Lebensqualität ist ebenso entscheidend für Betroffene mit lebensbegrenzenden Tumorerkrankungen wie Lebenszeit. Mitunter erzählen Betroffene nicht von ihrer Verzweiflung und depressiven Herabstimmung, oft fragen wir Behandler noch nicht einmal, vielleicht weil wir fürchten, keine angemessene Antwort auf die existenziellen Fragen unseres Gegenübers geben zu können. Aber wir berauben uns mit der Nichteinleitung einer wirksamen antidepressiven medikamentösen Therapie einer Behandlungsmöglichkeit, die Lebensqualität entscheidend verbessern kann. Hier sollten wir Neurologen deutlich mehr Initiative ergreifen und im Übrigen die Behandlung reaktiver psychiatrischer Erkrankungen bei unseren Patienten nur in Ausnahmefällen an unsere Kollegen in der Psychiatrie delegieren bzw. nicht „einfach“ mitbetreuenden Psychoonkologen überlassen.
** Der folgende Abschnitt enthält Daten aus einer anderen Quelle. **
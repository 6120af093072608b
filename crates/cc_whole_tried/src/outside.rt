//! Programs whose output is known from elsewhere.

use crate::trial::{LONG, Want, runs};
use cc_whole_run::End;
use std::alloc::Global;
use std::process::Abort;
use std::test::Fail;

/// `void number(int n)` puts a number in decimal, and a blank.
const NUMBER: &str =
    "void digits(int n) { if (n > 9) { digits(n / 10); } putchar(48 + (n % 10)); } void number(int n) { if (n < 0) { putchar(45); n = -n; } digits(n); putchar(32); }";

const FIBONACCI: &str =
    "int fib(int n) { int a; int b; if (n < 2) { return n; } a = fib(n - 1); b = fib(n - 2); return a + b; }";

const ACKERMANN: &str =
    "int ack(int m, int n) { int k; if (m == 0) { return n + 1; } if (n == 0) { n = ack(m - 1, 1); return n; } k = ack(m, n - 1); n = ack(m - 1, k); return n; }";

const PARITY: &str =
    "int odd(int n); int even(int n) { int r; if (n == 0) { return 1; } r = odd(n - 1); return r; } int odd(int n) { int r; if (n == 0) { return 0; } r = even(n - 1); return r; }";

const COLLATZ: &str =
    "int steps(int n) { int k; k = 0; for (;;) { if (n == 1) { return k; } if (n % 2) { n = (3 * n) + 1; } else { n = n / 2; } k = k + 1; } }";

const SIEVE: &str =
    "int sieve[50]; void primes(void) { int i; int j; i = 2; for (;;) { if (i >= 50) { return; } if (*(int *)(sieve + (4 * i)) == 0) { number(i); j = i * i; for (;;) { if (j >= 50) { break; } *(int *)(sieve + (4 * j)) = 1; j = j + i; } } i = i + 1; } }";

const SORT: &str =
    "void sort(char *s, int n) { int i; int j; int t; char *p; i = 0; for (;;) { if (i >= n) { return; } j = i; for (;;) { if (j == 0) { break; } p = s + (4 * j); if (*(int *)(p - 4) <= *(int *)(p)) { break; } t = *(int *)(p); *(int *)(p) = *(int *)(p - 4); *(int *)(p - 4) = t; j = j - 1; } i = i + 1; } }";

const LIST: &str =
    "char *node(int v, char *next) { char *p; p = malloc(8u); *(int *)(p) = v; *(char **)(p + 4) = next; return p; } void show(char *p) { char *q; for (;;) { if (p == 0) { return; } number(*(int *)(p)); q = *(char **)(p + 4); free(p); p = q; } }";

const TABLE: &str =
    "int twice(int n) { return n + n; } int square(int n) { return n * n; } struct __e table[2] = { { 1, twice }, { 2, square } };";

const GREETING: &str =
    "char text[14] = \"hello, world\\012\"; void say(char *p) { for (;;) { if (*(char *)(p) == (char)0) { return; } putchar((int)*(char *)(p)); p = p + 1; } }";

const HANOI: &str =
    "void hanoi(int n, int a, int b, int c) { if (n == 0) { return; } hanoi(n - 1, a, c, b); putchar(a); putchar(b); putchar(32); hanoi(n - 1, c, b, a); }";

fn puts(
    rt: &impl Abort,
    alloc: Global,
    items: &str,
    main: &str,
    out: &str,
    entered: u64,
) -> Result<(), Fail> {
    let items = format!(in alloc; "{NUMBER} {items}")?;
    let main = format!(in alloc; "{main} return 0;")?;
    let want = Want {
        out: out.as_bytes(),
        entered,
        end: End::Ended { status: 0 },
    };
    runs(rt, alloc, LONG, items.as_str(), main.as_str(), want)
}

/// `fib(10)` makes 177 calls.
#[test]
fn fibonacci(rt: HostRuntime) -> Result<(), Fail> {
    puts(
        &rt,
        rt.alloc(),
        FIBONACCI,
        "x = fib(10); number(x);",
        "55 ",
        180,
    )
}

/// `ack(2, 3)` makes 44 calls.
#[test]
fn ackermann(rt: HostRuntime) -> Result<(), Fail> {
    puts(
        &rt,
        rt.alloc(),
        ACKERMANN,
        "x = ack(2, 3); number(x);",
        "9 ",
        46,
    )
}

#[test]
fn functions_that_call_each_other(rt: HostRuntime) -> Result<(), Fail> {
    puts(
        &rt,
        rt.alloc(),
        PARITY,
        "x = even(10); number(x); x = even(7); number(x);",
        "1 0 ",
        23,
    )
}

/// The number 27 takes 111 steps.
#[test]
fn collatz(rt: HostRuntime) -> Result<(), Fail> {
    puts(
        &rt,
        rt.alloc(),
        COLLATZ,
        "x = steps(27); number(x);",
        "111 ",
        5,
    )
}

#[test]
fn primes(rt: HostRuntime) -> Result<(), Fail> {
    puts(
        &rt,
        rt.alloc(),
        SIEVE,
        "primes();",
        "2 3 5 7 11 13 17 19 23 29 31 37 41 43 47 ",
        42,
    )
}

#[test]
fn insertion_sort(rt: HostRuntime) -> Result<(), Fail> {
    let main =
        "*(int *)(a) = 5; *(int *)(a + 4) = -3; sort(a, 2); number(*(int *)(a)); number(*(int *)(a + 4));";
    puts(&rt, rt.alloc(), SORT, main, "-3 5 ", 5)
}

#[test]
fn a_list_on_the_heap(rt: HostRuntime) -> Result<(), Fail> {
    let main = "p = node(1, (char *)0); p = node(2, p); p = node(3, p); show(p);";
    puts(&rt, rt.alloc(), LIST, main, "3 2 1 ", 10)
}

#[test]
fn a_table_of_functions(rt: HostRuntime) -> Result<(), Fail> {
    let main =
        "f = *(__f *)(table + 4); x = ((int (*)(int))(f))(7); number(x); f = *(__f *)(table + 12); x = ((int (*)(int))(f))(7); number(x);";
    puts(&rt, rt.alloc(), TABLE, main, "14 49 ", 8)
}

#[test]
fn a_string_is_put(rt: HostRuntime) -> Result<(), Fail> {
    puts(&rt, rt.alloc(), GREETING, "say(text);", "hello, world\n", 1)
}

/// Three discs take seven moves.
#[test]
fn towers(rt: HostRuntime) -> Result<(), Fail> {
    puts(
        &rt,
        rt.alloc(),
        HANOI,
        "hanoi(3, 65, 66, 67);",
        "AB AC BC AB CA CB AB ",
        15,
    )
}

#[test]
fn input_in_capitals(rt: HostRuntime) -> Result<(), Fail> {
    let main = "for (;;) { x = getchar(); if (x < 0) { break; } putchar(x - 32); }";
    puts(&rt, rt.alloc(), "", main, "HI", 0)
}

/// Greatest common divisor of 1071 and 462.
#[test]
fn euclid(rt: HostRuntime) -> Result<(), Fail> {
    let main =
        "x = 1071; y = 462; for (;;) { if (y == 0) { break; } *(int *)(a) = x % y; x = y; y = *(int *)(a); } number(x);";
    puts(&rt, rt.alloc(), "", main, "21 ", 3)
}

/// The FNV-1a hash of `a` in 32 bits is 3826002220.
#[test]
fn an_unsigned_hash(rt: HostRuntime) -> Result<(), Fail> {
    let main = "if (((2166136261u ^ 97u) * 16777619u) == 3826002220u) { putchar(121); }";
    puts(&rt, rt.alloc(), "", main, "y", 0)
}
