//! The statements of initialisers.

ghost use Rattle.std.specs.Prelude.{◌≡◌, [], IfOk, OnOk};
ghost use Rattle.cf_lower.specs.Constants as definition;
ghost use Rattle.cf_lower_constants.specs.Sites.{statement_at, statements_at, told_all};
ghost use Rattle.cf_lower_program.specs.Starts as starts;

use crate::acts::{act_known, set};
use crate::values::both;
use cf_base::{Items, Memory};
use cf_lower_constants::{Knowns, Site, decided};
use cf_plain::Plain;

/// Whether all that statements do is known, and what is known behind them.
#[cycle(statements)]
fn statements_known(x: &Site<'_>, all: &Items<Plain>, known: &mut Knowns) -> Result<bool, Memory>
    ensures known { IfOk result (λ are. are ≡ starts.starts_known (statements_at x.now all.now) x.now.owner.now (told_all x.now known.old)) }
    ensures behind { OnOk result (told_all x.now known.new ≡ definition.all_known_after [] (statements_at x.now all.now) x.now.owner.now (told_all x.now known.old)) }
{
    let mut so_far = true;
    for statement in all.as_slice() {
        let is = statement_known(x, statement, known)?;
        let joined = both(so_far, is);
        so_far = joined;
    }
    Ok(so_far)
}

/// Whether all that a statement does is known, and what is known behind it. A branch is the statements that are taken, where that is known (5.14 to 5.16).
#[cycle(statements)]
fn statement_known(x: &Site<'_>, statement: &Plain, known: &mut Knowns) -> Result<bool, Memory>
    ensures known { IfOk result (λ is. is ≡ starts.start_known (statement_at x.now statement.now) x.now.owner.now (told_all x.now known.old)) }
    ensures behind { OnOk result (told_all x.now known.new ≡ definition.known_after [] (statement_at x.now statement.now) x.now.owner.now (told_all x.now known.old)) }
{
    match statement {
        Plain::Act { action } => {
            let is = act_known(x, known, action)?;
            Ok(is)
        }
        Plain::Set { register, action } => {
            let is = set(x, *register, action, known)?;
            Ok(is)
        }
        Plain::If { register, yes, no } => {
            let truth = decided(x, known, *register)?;
            match truth {
                None => {
                    known.forget();
                    Ok(false)
                }
                Some(taken) => {
                    if taken {
                        let are = statements_known(x, yes, known)?;
                        return Ok(are);
                    }
                    let are = statements_known(x, no, known)?;
                    Ok(are)
                }
            }
        }
        Plain::Loop { .. } => Ok(false),
        Plain::Switch { .. } => Ok(false),
        Plain::Case { .. } => Ok(false),
        Plain::Default => Ok(false),
        Plain::Break => Ok(false),
        Plain::Continue => Ok(false),
        Plain::Return { .. } => Ok(false),
        Plain::Parts { .. } => Ok(false),
    }
}

/// Whether all that the statements of an initialiser do is known before the run.
pub(crate) fn initialiser_known(x: &Site<'_>, all: &Items<Plain>) -> Result<bool, Memory>
    ensures { IfOk result (λ are. are ≡ starts.starts_known (statements_at x.now all.now) x.now.owner.now definition.nothing_known) }
{
    let mut known = Knowns::new(x.alloc);
    let are = statements_known(x, all, &mut known)?;
    Ok(are)
}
Wie oft wir Neurologen hier zu kurzsichtig sind und viel zu kurz zielen und wie wir dies verbessern können, zeigen uns Corinna Seliger-Behme, Thomas Kowalski und Johannes Knabbe im abschließenden Artikel dieser Ausgabe.
Wir wünschen allen Leserinnen und Lesern viel Freude beim Lesen.
Mit herzlichen Grüßen
Ihre
Ghazaleh Tabatabai und Uwe Schlegel

Interessenkonflikt

G. Tabatabai gibt folgende Aktivitäten mit institutioneller Förderung an das Universitätsklinikum Tübingen an: Advisory Board (Bayer, Boehringer Ingelheim, CureVac, Miltenyi Biomedicine, Novocure), Beratung (Bayer, Boehringer Ingelheim, CureVac), Mitglied im Steering Committee nicht-interventioneller Studien (Bayer, Novocure), Vortrag (Novocure, Servier).  U. Schlegel gibt an, dass kein Interessenskonflikt besteht.
Open Access Dieser Artikel wird unter der Creative Commons Namensnennung 4.0 International Lizenz veröffentlicht, welche die Nutzung, Vervielfältigung, Bearbeitung, Verbreitung und Wiedergabe in jeglichem Medium und Format erlaubt, sofern Sie den/die ursprünglichen Autor(en) und die Quelle ordnungsgemäß nennen, einen Link zur Creative Commons Lizenz beifügen und angeben, ob Änderungen vorgenommen wurden.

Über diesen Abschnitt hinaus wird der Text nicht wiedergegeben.